25. Advantages of Message Switching:
1. Reduces network traffic:
Messages can be stored if the path is busy, which helps avoid congestion.
2. Shares network resources:
Many devices can use the same communication path, saving resources.
3. Messages can have priority:
Important messages can be sent first by giving them high priority.
4. Flexible message size:
Messages can be of any length.
5. No need for a direct connection:
The sender and receiver don’t need to be connected at the same time.

26. Disadvantages of Message Switching:
1. Slow for real-time use:
Storing messages causes delays, so it’s not good for things like live calls or video
chats.
2. Needs more memory:
Each device in the network must have large storage to hold messages.
3. Uncertainty in delivery:
It can be hard to know if a message was delivered properly.
4. No fixed path:
Since there’s no dedicated connection, it may be less reliable.

27. Applications of Message Switching:
1. Email Systems:
Emails are stored and then forwarded when the receiver is available — just like message switching.
2. Telegraph Systems (historical):
Old telegraph systems used message switching to send long messages across countries.
3. Store-and-Forward SMS (Text Messaging):
In mobile networks, if your phone is off, the SMS is stored and delivered later when the phone is back online.
4. Computer Networks (non-real-time data):
It is used in transferring large files or messages where speed is not the main concern.
5. Military Communication Systems:
Messages can be stored safely and sent when the path is clear and secure.
6. Disaster Management Networks:
Important alerts can be given high priority and sent even when the network is partially down.

28. Circuit switching is a type of network configuration in which a
physical path is obtained and dedicated to a single connection
between two endpoints in the network for the duration of a
dedicated connection. Ordinary voice phone service uses circuit
switching. This reserved circuit is used for the duration of a call.
As long as the call lasts, the circuit cannot be used for anything
else.

30. Circuit Switching
● A dedicated communication path is established between sender and receiver.
● The path stays active for the full duration of communication.
● Common in telephone networks.
Features
● No delay once path is set.
● Data follows one fixed path.
● Wastes bandwidth if no data is sent.

31. Phases of Circuit Switching
Connection Establishment (Setup)
● A path is created between the sender and receiver.
● The two devices say “Hello” and reserve a dedicated line for communication.
● Like making a phone call — the line is busy for others once connected.
Data Transfer
● The actual message or voice is sent through the dedicated path.
● The connection stays open and active the whole time.
Connection Termination (Teardown)
● When communication is done, one device says “Goodbye.”
● The dedicated path is released for others to use.

32. Circuit Switching Used
1. Phone Calls:
Used in old telephone systems to keep the connection open for the whole call.
2. Dial-Up Internet:
Early internet connections used phone lines (circuit switching) to send data.

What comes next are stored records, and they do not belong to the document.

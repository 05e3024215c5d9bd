//! The closed relation of goals between states, its first clash, and the automaton solved by it, all at once.
#![tactic(auto)]

mod cells;
pub mod clash;
pub mod found;
pub mod goal;
pub mod laws;
mod links;
pub mod materialise;
mod pairs;
pub mod room;
pub mod saturate;
pub mod search;
pub mod settle;
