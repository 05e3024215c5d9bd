//! Laws of the closed relation, each the contract of a function that does nothing.
ghost use Rattle.mls_solver.specs.Laws.{NoInstanceBesideAClash, SolutionsSatisfyAll};

/// A model in which the goals hold satisfies the whole closed relation.
pub fn solutions_satisfy_all()
    ensures { SolutionsSatisfyAll }
{}

/// Where a related pair clashes, no substitution satisfies the goals.
pub fn no_instance_beside_a_clash()
    ensures { NoInstanceBesideAClash }
{}
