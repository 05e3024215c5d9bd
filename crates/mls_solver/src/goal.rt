//! Goals, and the clashes that leave them without a solution.
ghost use Rattle.std.specs.Prelude.{◌↔◌, All, IsTrue};
ghost use Rattle.mls_automaton.specs.Automata.{IsState};

pub use mls_automaton::automaton::HeadKind;
use mls_automaton::automaton::{Automaton, Polarity};
use mls_automaton::state_set::StateId;

/// A demand: the positive state is below the negative one.
#[derive(Clone, Copy, Debug, PartialEq, Eq)]
pub struct Goal {
    pub positive: StateId,
    pub negative: StateId,
}

/// Why no type is below the head of a negative state and above the head of a positive one.
#[derive(Clone, Copy, Debug, PartialEq, Eq)]
pub enum ClashKind {
    /// The positive state has the one part, the negative state the other.
    Unlike(HeadKind, HeadKind),
    /// Both have a record, and the negative state's field of this number is not in the positive one's.
    Lacks(usize),
}

/// A pair of related states that clashes.
#[derive(Clone, Copy, Debug, PartialEq, Eq)]
pub struct Clash {
    pub positive: StateId,
    pub negative: StateId,
    pub kind: ClashKind,
}

/// Why a table has no solution of its goals.
#[derive(Clone, Copy, Debug, PartialEq, Eq)]
pub enum Refusal {
    /// A related pair clashes.
    Clashing(Clash),
    /// Memory was wanting.
    NoMemory,
}

/// Whether each goal goes from a positive state of the automaton to a negative one.
pub fn are_goals(a: &Automaton, goals: &[Goal]) -> bool
    ensures { IsTrue result ↔ All (λ g. IsState a.now Polarity.Positive g.positive.0
        × IsState a.now Polarity.Negative g.negative.0) goals.now }
{
    goals.iter().all(|goal| {
        is_state(a, goal.positive, Polarity::Positive)
            && is_state(a, goal.negative, Polarity::Negative)
    })
}

/// Whether the state is there and has the polarity.
pub fn is_state(a: &Automaton, s: StateId, polarity: Polarity) -> bool
    ensures { IsTrue result ↔ IsState a.now polarity s.0 }
{
    s.0 < a.len() && a.polarity(s) == polarity
}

33. Advantages of Circuit Switching:
1. Fixed path = no delay:
Once a path is set up, data flows without waiting.
2. Reliable:
The connection is stable until the communication ends.
3. Good Quality:
Great for voice and video because the quality doesn’t drop.
4. Secure:
Only the sender and receiver can use the path.
5. Easy to Manage:
Network is simple to manage since the path stays fixed.

34. Disadvantages of Circuit Switching:
1. Not Scalable:
Hard to manage in big networks with many users.
2. Wastes Resources:
The path stays reserved even when no data is being sent.
3. Less Flexible:
The line cannot be used for anything else during a call.
4. Costly:
Setting up and maintaining dedicated paths is expensive.
5. Breakdowns Affect Everything:
If the path breaks, the call or data transfer stops.
6. No Prioritization:
All data is treated the same – urgent data can’t be given priority.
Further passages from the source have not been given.